Using the records below, repeat exactly the lines from the one holding "not say nonnull." through the one holding "pub mod lookup;", both ends included, and no others.

+++

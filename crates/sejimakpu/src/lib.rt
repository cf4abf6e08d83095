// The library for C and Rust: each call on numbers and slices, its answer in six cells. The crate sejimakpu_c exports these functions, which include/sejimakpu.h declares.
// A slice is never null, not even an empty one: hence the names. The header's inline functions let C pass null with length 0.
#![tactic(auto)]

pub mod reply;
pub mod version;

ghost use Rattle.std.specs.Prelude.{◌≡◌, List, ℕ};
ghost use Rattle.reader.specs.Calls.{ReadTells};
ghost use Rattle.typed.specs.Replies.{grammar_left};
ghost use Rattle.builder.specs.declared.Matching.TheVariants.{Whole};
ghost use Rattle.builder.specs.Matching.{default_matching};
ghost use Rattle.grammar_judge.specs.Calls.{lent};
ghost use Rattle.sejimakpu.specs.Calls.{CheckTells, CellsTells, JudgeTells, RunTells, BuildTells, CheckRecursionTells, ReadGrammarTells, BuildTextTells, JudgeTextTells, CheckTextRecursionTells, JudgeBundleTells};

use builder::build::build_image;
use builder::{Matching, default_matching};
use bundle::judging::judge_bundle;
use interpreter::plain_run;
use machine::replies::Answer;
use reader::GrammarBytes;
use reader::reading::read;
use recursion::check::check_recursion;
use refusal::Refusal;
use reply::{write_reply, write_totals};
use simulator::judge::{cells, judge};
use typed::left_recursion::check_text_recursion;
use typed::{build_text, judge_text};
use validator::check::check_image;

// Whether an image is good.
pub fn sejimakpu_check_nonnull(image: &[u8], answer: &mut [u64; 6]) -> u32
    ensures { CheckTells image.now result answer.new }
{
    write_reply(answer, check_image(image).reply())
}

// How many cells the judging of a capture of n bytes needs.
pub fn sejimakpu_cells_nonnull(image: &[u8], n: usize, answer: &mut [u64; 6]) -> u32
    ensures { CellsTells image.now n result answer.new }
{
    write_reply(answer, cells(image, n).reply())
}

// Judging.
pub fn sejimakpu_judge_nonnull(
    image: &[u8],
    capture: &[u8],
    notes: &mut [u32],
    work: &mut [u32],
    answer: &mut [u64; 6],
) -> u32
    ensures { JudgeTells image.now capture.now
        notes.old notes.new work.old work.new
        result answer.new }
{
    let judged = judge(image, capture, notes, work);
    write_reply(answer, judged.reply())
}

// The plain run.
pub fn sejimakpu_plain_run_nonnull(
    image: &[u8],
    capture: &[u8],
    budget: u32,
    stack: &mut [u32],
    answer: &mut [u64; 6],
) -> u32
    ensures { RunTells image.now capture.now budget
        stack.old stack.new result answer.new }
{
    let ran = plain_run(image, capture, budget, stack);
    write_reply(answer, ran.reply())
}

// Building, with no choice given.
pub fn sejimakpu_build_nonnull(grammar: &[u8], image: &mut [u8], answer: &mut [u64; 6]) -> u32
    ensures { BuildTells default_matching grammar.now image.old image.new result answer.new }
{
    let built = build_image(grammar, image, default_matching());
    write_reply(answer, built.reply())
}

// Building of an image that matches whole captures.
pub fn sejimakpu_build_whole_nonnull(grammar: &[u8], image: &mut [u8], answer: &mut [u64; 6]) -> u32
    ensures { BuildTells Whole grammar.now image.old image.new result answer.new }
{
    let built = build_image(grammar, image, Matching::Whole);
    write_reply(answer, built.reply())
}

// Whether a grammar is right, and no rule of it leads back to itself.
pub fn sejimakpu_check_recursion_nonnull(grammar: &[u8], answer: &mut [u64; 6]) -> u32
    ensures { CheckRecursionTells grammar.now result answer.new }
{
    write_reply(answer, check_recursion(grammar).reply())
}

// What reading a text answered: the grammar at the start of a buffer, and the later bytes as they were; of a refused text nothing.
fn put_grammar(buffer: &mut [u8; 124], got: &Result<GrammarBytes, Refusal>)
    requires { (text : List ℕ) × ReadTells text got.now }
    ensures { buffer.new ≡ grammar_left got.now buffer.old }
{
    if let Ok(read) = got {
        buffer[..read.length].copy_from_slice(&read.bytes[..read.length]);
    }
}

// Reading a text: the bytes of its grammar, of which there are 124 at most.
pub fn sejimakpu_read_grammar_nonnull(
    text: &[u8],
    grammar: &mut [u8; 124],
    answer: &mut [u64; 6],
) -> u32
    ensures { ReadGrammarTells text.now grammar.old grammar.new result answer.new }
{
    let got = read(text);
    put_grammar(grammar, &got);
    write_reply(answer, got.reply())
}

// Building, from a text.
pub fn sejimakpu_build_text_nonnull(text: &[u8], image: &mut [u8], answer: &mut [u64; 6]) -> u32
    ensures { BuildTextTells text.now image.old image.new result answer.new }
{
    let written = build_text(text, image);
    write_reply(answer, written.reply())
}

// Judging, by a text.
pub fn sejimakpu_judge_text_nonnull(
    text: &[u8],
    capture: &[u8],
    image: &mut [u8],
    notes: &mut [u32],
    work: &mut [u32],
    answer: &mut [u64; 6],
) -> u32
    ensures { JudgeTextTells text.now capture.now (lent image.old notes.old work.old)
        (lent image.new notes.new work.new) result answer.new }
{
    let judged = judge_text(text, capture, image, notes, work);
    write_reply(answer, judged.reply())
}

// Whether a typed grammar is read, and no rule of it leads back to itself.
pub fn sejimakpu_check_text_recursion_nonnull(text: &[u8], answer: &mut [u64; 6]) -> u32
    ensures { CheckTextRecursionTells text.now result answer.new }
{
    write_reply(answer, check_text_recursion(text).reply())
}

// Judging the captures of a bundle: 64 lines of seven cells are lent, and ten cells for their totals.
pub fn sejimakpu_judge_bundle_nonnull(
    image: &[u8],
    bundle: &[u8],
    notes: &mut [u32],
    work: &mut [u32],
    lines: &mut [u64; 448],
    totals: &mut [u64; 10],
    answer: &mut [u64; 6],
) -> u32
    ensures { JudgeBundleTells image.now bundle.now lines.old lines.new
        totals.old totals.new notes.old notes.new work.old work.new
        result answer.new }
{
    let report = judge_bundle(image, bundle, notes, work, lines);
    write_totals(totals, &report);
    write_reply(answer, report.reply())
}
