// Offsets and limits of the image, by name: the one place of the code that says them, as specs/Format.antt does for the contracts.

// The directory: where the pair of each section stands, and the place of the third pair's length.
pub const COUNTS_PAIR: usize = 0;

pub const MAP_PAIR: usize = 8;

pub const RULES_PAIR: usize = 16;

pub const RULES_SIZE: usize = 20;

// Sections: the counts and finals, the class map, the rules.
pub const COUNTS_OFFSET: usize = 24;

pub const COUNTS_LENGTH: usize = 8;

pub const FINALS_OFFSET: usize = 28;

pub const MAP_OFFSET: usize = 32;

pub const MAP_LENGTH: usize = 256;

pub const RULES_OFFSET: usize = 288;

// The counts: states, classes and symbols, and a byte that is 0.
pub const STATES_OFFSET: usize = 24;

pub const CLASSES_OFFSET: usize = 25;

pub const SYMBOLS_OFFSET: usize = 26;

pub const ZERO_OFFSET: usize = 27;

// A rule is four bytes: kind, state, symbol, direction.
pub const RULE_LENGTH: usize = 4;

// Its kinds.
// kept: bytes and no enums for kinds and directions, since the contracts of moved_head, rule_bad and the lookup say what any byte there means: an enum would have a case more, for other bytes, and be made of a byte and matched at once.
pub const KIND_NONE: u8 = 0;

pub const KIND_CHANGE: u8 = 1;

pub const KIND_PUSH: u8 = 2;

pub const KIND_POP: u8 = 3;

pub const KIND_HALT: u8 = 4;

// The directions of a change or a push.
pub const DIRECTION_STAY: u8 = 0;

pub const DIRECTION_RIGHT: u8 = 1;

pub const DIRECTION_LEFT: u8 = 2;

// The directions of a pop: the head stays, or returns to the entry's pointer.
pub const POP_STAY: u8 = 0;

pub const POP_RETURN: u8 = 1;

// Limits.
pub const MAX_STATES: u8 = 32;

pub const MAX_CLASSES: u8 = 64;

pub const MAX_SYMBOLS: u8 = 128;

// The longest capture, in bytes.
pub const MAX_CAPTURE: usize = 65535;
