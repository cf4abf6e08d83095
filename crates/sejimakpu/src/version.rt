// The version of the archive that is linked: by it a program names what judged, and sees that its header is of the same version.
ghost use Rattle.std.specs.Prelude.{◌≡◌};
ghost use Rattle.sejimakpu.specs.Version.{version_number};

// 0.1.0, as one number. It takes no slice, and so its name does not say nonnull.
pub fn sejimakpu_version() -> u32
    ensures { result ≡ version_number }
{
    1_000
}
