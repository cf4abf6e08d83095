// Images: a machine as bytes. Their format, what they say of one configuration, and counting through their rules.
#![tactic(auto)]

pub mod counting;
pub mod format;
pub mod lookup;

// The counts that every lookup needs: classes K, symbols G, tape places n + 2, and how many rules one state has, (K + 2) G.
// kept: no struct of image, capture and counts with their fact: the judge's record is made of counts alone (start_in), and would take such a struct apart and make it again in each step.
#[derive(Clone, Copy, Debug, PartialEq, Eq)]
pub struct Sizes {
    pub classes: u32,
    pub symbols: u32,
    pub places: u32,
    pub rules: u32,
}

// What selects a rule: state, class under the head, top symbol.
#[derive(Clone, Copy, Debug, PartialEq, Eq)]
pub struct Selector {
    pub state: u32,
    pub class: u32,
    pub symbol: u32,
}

+++

:: Solution for this exercise ::
// 0.1.0, as one number. It takes no slice, and so its name does not say nonnull.
pub fn sejimakpu_version() -> u32
    ensures { result ≡ version_number }
{
    1_000
}
repository cf4abf6e08d83095
// Images: a machine as bytes. Their format, what they say of one configuration, and counting through their rules.
#![tactic(auto)]

pub mod counting;
pub mod format;
pub mod lookup;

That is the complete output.